Abstract:
Online load balancing for heterogeneous machines aims to minimize the makespan (maximum machine workload) by scheduling arriving jobs with varying sizes on different machines. In the adversarial setting, where an adversary chooses not only the collection of job sizes but also their arrival order, the problem is well-understood and the optimal competitive ratio is known to be $\Theta(\log m)$ where $m$ is the number of machines. In the more realistic random arrival order model, the understanding is limited. Previously, the best lower bound on the competitive ratio was only $\Omega(\log \log m)$.
We significantly improve this bound by showing an $\Omega( \sqrt {\log m})$ lower bound, even for the restricted case where each job has a unit size on two machines and infinite size on the others. On the positive side, we propose an $O(\log m/\log \log m)$-competitive algorithm, demonstrating that better performance is possible in the random arrival model.
This is based on a joint work with Sungjin Im, Ravi Kumar, Aditya Petty and Manish Purohit.
About the speaker:
Shi Li is a professor in the department of computer science and technology at Nanjing University.
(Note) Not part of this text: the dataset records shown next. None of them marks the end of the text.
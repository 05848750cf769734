//! The constituents of a phase.

ghost use Rattle.std.specs.Prelude.{◌≡◌, IfOk, map};
ghost use Rattle.std.specs.List.{list_all};
ghost use Rattle.cal_scan.specs.Constituents.{is_constituent};
ghost use Rattle.tdb_forms.specs.Finding.{each};
ghost use Rattle.tdb_forms.specs.Lists.{without_percent as plain_item, names_in as names_of, constituents_of, begins_with_letter as letter_first, kept_lists as lists_kept, without_last_colon as text_without_colon, sites_of};

use crate::distinct::is_distinct;
use cal_list::Items;
use cal_scan::{Name, before, is_constituent, is_letter_byte, parts_at};
use std::alloc::{AllocError, Global};

/// An item without the `%` at its end.
fn without_percent(item: &[u8]) -> &[u8]
    ensures { result.now ≡ plain_item item.now }
{
    before(item, b"%").unwrap_or(item)
}

/// The items of a list without their `%`.
fn names_in(alloc: Global, text: &[u8]) -> Result<Items<Name>, AllocError>
    ensures { IfOk result (λ names. names ≡ names_of text.now) }
{
    let parts = parts_at(alloc, text, b',')?;
    let names = names_of_parts(alloc, parts.as_slice())?;
    Ok(names)
}

fn names_of_parts(alloc: Global, parts: &[&[u8]]) -> Result<Items<Name>, AllocError>
    ensures { IfOk result (λ names. names ≡ map plain_item (map (λ w. w.now) parts.now)) }
{
    let mut names = Items::new(alloc);
    'parts: for i in 0..parts.len() {
        names.push(Name::from_bytes(alloc, without_percent(parts[i]))?)?;
    }
    Ok(names)
}

/// Whether each name is a constituent.
pub(crate) fn are_constituents(names: &[Name]) -> bool
    ensures { result ≡ list_all is_constituent names.now }
{
    names.iter().all(|name| is_constituent(name.bytes()))
}

/// Constituents with commas between them, none of them twice.
#[tactic(auto, unfolding(crate::specs::Lists::constituents_of))]
fn constituents(alloc: Global, text: &[u8]) -> Result<Option<Items<Name>>, AllocError>
    ensures { IfOk result (λ o. o ≡ constituents_of text.now) }
{
    let names = names_in(alloc, text)?;
    let distinct = is_distinct(alloc, names.as_slice())?;
    if are_constituents(names.as_slice()) && distinct {
        return Ok(Some(names));
    }
    Ok(None)
}

/// Whether the first list is a single letter.
fn begins_with_letter(lists: &[&[u8]]) -> bool
    ensures { result ≡ letter_first (map (λ w. w.now) lists.now) }
{
    match lists {
        [first, ..] => match first {
            [byte] => is_letter_byte(*byte),
            _ => false,
        },
        [] => false,
    }
}

/// The lists of `n` sublattices.
fn kept_lists<'a, 'b>(n: usize, direct: bool, lists: &'b [&'a [u8]]) -> &'b [&'a [u8]]
    ensures { map (λ w. w.now) result.now ≡ lists_kept n direct (map (λ w. w.now) lists.now) }
{
    match lists.split_first() {
        Some((_, rest)) => {
            if rest.len() == n && direct && begins_with_letter(lists) {
                return rest;
            }
            lists
        }
        None => lists,
    }
}

/// Each list of constituents.
fn all_constituents(
    alloc: Global,
    lists: &[&[u8]],
) -> Result<Option<Items<Items<Name>>>, AllocError>
    ensures { IfOk result (λ o. o ≡ each constituents_of (map (λ w. w.now) lists.now)) }
{
    let mut all = Items::new(alloc);
    'lists: for i in 0..lists.len() {
        let found = constituents(alloc, lists[i])?;
        match found {
            None => return Ok(None),
            Some(list) => all.push(list)?,
        }
    }
    Ok(Some(all))
}

fn without_last_colon(text: &[u8]) -> &[u8]
    ensures { result.now ≡ text_without_colon text.now }
{
    before(text, b":").unwrap_or(text)
}

/// The lists of constituents of `n` sublattices, with `:` between them. A single letter before them is dropped where its `:` stands directly
/// behind the name of the phase.
#[tactic(auto, unfolding(crate::specs::Lists::sites_of))]
pub fn read_sites(
    alloc: Global,
    n: usize,
    direct: bool,
    text: &[u8],
) -> Result<Option<Items<Items<Name>>>, AllocError>
    ensures { IfOk result (λ o. o ≡ sites_of n direct text.now) }
{
    let parts = parts_at(alloc, without_last_colon(text), b':')?;
    let lists = kept_lists(n, direct, parts.as_slice());
    if lists.len() != n {
        return Ok(None);
    }
    let sites = all_constituents(alloc, lists)?;
    Ok(sites)
}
He completed his undergraduate studies at Tsinghua University in the Department of Computer Science and Technology, where he was a member of Andrew Yao's esteemed theoretical computer science pilot class. He earned his Ph.D. from Princeton University and later served as an assistant research professor at the Toyota Technological Institute in Chicago. In September 2015, he joined the faculty at the State University of New York at Buffalo as an assistant professor and was promoted to associate professor in September 2020. He joined Nanjing University in early 2023. His research is on theoretical computer science, and more specifically, the design of efficient algorithms with provable guarantees under different computation models.